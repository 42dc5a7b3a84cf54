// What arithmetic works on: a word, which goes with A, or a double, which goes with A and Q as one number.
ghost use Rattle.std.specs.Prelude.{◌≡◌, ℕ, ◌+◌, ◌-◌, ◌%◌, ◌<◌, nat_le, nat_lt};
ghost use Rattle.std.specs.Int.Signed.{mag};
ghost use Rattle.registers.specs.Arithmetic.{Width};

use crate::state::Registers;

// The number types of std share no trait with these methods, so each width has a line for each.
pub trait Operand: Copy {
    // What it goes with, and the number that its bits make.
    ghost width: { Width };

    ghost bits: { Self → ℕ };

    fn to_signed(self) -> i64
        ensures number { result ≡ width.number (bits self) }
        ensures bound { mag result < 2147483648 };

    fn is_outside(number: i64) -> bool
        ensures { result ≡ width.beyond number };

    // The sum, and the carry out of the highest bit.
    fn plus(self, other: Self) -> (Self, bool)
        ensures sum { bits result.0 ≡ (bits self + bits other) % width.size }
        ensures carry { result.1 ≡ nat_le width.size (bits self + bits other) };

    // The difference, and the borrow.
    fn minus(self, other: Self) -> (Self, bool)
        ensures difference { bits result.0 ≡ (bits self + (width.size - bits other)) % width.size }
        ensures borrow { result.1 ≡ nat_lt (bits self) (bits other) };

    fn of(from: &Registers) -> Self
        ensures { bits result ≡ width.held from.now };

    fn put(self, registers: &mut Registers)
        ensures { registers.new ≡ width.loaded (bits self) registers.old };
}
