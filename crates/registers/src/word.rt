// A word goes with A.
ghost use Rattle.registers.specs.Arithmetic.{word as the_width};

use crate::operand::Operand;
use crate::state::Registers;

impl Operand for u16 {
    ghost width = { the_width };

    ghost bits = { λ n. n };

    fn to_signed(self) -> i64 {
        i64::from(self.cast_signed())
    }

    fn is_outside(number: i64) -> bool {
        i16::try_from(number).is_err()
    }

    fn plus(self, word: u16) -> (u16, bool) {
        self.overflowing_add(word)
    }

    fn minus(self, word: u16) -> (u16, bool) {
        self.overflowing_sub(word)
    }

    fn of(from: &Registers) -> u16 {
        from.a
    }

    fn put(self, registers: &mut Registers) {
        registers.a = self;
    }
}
++++++
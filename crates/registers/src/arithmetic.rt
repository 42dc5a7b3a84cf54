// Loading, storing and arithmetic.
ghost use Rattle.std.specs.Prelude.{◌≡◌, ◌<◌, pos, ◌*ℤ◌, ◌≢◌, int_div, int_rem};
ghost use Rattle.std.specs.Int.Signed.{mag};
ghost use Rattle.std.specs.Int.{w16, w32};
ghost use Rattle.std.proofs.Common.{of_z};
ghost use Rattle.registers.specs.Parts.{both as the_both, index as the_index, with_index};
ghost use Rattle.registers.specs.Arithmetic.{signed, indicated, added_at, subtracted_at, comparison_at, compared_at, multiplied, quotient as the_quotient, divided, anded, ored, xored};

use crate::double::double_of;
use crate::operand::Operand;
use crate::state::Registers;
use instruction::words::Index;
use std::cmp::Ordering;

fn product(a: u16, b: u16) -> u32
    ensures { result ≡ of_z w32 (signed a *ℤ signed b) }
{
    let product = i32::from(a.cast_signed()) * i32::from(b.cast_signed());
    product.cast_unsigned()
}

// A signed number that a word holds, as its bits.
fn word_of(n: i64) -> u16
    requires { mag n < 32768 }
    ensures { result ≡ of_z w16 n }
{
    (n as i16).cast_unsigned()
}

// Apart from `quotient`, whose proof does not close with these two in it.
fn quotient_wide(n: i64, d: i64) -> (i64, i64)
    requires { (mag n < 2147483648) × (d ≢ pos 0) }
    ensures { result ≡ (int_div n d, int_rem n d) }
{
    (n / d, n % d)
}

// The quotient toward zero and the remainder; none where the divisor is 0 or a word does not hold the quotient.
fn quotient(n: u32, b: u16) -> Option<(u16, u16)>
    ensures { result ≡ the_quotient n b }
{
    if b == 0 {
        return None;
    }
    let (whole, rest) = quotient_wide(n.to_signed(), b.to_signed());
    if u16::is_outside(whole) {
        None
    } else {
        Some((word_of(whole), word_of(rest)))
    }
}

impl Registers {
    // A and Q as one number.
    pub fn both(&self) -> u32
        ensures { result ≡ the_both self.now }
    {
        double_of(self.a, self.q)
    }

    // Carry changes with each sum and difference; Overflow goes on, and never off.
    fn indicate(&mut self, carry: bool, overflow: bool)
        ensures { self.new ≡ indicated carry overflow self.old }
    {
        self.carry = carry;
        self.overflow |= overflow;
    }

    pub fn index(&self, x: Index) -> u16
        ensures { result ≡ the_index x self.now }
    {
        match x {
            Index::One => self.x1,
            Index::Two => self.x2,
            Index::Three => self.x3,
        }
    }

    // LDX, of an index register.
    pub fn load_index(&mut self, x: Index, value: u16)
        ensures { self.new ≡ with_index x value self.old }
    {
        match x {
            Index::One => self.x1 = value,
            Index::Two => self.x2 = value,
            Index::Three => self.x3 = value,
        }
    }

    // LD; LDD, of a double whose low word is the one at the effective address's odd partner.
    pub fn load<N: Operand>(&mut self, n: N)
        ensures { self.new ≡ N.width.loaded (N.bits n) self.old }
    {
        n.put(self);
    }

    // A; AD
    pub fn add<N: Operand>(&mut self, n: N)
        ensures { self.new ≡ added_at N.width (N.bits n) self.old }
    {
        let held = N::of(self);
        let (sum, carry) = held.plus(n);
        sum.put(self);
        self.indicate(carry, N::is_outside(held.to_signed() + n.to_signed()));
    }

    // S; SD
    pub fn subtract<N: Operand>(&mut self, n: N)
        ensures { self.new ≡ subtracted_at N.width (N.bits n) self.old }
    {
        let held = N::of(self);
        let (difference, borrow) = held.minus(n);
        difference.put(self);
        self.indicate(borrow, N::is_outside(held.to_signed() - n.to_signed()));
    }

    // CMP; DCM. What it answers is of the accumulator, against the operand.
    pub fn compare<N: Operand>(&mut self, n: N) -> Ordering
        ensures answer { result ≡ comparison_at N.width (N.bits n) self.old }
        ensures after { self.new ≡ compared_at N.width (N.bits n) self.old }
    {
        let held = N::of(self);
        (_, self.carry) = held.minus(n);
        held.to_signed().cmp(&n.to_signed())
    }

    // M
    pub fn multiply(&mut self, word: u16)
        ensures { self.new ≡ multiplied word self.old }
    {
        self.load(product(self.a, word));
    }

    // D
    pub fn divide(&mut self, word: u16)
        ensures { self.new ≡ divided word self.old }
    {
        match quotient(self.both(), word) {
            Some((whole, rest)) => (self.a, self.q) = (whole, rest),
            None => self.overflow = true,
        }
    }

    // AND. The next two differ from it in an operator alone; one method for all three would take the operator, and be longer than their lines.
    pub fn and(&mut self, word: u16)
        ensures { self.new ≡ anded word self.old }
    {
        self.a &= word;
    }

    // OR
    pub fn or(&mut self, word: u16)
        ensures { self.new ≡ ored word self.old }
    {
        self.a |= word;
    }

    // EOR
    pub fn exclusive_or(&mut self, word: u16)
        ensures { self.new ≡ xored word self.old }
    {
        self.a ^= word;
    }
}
++++++
## The task
Each line above from the one with "let (difference, borrow)" up to and including the one with "pub fn multiply(&mut self, word: u16)" must be set down exactly, and no line outside that span may appear.

## Answer to the problem
        let (difference, borrow) = held.minus(n);
        difference.put(self);
        self.indicate(borrow, N::is_outside(held.to_signed() - n.to_signed()));
    }

    // CMP; DCM. What it answers is of the accumulator, against the operand.
    pub fn compare<N: Operand>(&mut self, n: N) -> Ordering
        ensures answer { result ≡ comparison_at N.width (N.bits n) self.old }
        ensures after { self.new ≡ compared_at N.width (N.bits n) self.old }
    {
        let held = N::of(self);
        (_, self.carry) = held.minus(n);
        held.to_signed().cmp(&n.to_signed())
    }

    // M
    pub fn multiply(&mut self, word: u16)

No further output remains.